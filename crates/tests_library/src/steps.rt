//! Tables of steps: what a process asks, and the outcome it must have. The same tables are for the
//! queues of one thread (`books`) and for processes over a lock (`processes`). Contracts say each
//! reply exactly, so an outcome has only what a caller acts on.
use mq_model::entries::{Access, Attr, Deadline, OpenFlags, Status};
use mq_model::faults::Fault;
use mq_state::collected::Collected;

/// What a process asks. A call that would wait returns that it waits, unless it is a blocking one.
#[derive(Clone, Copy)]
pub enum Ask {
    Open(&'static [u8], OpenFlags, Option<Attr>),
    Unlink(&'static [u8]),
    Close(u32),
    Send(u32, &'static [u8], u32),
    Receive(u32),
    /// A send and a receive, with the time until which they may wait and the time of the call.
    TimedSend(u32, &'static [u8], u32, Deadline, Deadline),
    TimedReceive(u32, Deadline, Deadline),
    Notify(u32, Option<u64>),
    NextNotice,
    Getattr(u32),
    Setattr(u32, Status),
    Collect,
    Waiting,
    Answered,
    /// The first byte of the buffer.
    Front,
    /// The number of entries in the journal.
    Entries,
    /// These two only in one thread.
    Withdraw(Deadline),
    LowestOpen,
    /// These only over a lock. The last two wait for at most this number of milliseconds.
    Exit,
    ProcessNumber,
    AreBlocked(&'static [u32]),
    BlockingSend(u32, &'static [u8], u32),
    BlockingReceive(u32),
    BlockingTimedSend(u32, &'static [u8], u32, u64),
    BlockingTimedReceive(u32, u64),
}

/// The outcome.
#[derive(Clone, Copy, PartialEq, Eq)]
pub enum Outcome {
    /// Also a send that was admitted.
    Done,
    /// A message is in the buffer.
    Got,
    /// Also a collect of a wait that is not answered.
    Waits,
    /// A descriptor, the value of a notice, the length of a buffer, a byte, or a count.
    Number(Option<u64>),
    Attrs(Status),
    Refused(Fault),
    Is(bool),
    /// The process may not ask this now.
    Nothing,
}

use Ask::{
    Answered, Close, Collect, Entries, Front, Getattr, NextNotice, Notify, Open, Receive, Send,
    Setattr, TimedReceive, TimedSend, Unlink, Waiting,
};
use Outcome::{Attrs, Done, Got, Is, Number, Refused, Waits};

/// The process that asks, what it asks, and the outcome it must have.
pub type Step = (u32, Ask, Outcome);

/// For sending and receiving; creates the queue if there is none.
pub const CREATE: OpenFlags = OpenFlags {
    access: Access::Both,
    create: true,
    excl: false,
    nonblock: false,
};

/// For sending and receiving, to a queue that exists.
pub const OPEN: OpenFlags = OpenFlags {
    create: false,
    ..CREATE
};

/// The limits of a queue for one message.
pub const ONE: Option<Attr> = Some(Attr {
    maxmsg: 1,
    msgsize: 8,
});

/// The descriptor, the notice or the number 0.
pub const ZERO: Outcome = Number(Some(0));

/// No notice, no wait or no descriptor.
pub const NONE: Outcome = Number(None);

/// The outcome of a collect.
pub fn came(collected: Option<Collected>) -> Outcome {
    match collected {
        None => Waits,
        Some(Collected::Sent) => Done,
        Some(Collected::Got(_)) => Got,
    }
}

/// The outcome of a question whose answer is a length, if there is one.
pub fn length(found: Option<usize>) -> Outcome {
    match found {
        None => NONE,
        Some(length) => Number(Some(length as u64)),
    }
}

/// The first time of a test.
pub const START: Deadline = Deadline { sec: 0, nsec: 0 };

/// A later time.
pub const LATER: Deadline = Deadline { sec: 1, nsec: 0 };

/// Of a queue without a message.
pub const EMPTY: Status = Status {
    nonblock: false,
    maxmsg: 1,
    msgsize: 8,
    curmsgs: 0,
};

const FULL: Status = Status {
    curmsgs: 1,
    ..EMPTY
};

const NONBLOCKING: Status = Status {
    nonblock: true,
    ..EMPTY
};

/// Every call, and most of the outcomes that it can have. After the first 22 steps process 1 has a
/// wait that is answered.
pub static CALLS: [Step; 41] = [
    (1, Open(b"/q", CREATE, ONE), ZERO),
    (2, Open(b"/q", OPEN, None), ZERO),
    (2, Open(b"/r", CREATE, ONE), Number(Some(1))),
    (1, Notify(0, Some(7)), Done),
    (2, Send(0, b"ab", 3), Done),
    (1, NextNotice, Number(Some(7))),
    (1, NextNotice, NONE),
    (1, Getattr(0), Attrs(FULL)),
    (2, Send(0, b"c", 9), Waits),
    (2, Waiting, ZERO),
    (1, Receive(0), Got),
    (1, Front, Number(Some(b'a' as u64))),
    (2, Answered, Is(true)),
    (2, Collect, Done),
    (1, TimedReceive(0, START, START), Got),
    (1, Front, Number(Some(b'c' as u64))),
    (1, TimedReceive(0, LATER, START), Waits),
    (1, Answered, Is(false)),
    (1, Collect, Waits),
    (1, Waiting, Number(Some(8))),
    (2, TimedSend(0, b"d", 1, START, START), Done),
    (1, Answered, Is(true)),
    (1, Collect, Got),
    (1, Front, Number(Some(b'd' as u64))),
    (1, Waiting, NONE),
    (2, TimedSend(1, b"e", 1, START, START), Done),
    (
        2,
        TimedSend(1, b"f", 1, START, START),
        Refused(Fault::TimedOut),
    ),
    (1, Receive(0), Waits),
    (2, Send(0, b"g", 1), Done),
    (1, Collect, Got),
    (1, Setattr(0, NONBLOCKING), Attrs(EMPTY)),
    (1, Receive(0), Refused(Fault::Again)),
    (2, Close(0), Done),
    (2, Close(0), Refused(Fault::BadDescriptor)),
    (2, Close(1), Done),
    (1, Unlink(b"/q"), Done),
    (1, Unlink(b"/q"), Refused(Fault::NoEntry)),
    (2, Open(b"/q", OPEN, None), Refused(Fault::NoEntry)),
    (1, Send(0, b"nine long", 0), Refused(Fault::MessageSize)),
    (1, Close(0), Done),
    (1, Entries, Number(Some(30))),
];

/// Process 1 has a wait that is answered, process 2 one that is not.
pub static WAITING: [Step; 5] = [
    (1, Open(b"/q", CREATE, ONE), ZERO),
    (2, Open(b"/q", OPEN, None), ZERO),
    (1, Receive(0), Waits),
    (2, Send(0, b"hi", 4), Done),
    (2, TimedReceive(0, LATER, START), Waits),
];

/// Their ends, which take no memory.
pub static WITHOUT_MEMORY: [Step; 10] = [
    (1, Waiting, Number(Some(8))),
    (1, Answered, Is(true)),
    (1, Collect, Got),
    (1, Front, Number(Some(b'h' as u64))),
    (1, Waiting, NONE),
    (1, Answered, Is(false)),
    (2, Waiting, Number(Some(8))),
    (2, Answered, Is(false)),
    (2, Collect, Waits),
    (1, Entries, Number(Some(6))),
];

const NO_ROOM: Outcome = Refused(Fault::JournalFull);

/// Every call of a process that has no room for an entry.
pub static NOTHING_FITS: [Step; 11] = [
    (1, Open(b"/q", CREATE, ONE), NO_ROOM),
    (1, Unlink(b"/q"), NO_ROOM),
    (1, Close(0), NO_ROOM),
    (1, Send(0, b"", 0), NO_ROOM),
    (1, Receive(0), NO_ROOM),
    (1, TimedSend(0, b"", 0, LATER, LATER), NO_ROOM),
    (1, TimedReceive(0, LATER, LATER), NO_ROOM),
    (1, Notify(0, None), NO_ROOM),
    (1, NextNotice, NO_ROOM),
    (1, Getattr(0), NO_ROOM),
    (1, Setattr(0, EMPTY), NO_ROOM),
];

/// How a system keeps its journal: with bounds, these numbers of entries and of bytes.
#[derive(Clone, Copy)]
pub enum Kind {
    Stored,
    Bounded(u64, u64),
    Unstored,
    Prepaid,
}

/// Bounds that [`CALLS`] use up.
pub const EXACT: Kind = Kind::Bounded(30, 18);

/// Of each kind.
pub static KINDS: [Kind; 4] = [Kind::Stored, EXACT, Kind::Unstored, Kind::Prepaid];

_____

Problem requirements> Reproduce, character for character, only the lines of the preceding data that start at the line with "pub type Step = (u32, Ask, Outcome);" and end at the line with "time of a test.", both included.

Your response>
pub type Step = (u32, Ask, Outcome);

/// For sending and receiving; creates the queue if there is none.
pub const CREATE: OpenFlags = OpenFlags {
    access: Access::Both,
    create: true,
    excl: false,
    nonblock: false,
};

/// For sending and receiving, to a queue that exists.
pub const OPEN: OpenFlags = OpenFlags {
    create: false,
    ..CREATE
};

/// The limits of a queue for one message.
pub const ONE: Option<Attr> = Some(Attr {
    maxmsg: 1,
    msgsize: 8,
});

/// The descriptor, the notice or the number 0.
pub const ZERO: Outcome = Number(Some(0));

/// No notice, no wait or no descriptor.
pub const NONE: Outcome = Number(None);

/// The outcome of a collect.
pub fn came(collected: Option<Collected>) -> Outcome {
    match collected {
        None => Waits,
        Some(Collected::Sent) => Done,
        Some(Collected::Got(_)) => Got,
    }
}

/// The outcome of a question whose answer is a length, if there is one.
pub fn length(found: Option<usize>) -> Outcome {
    match found {
        None => NONE,
        Some(length) => Number(Some(length as u64)),
    }
}

/// The first time of a test.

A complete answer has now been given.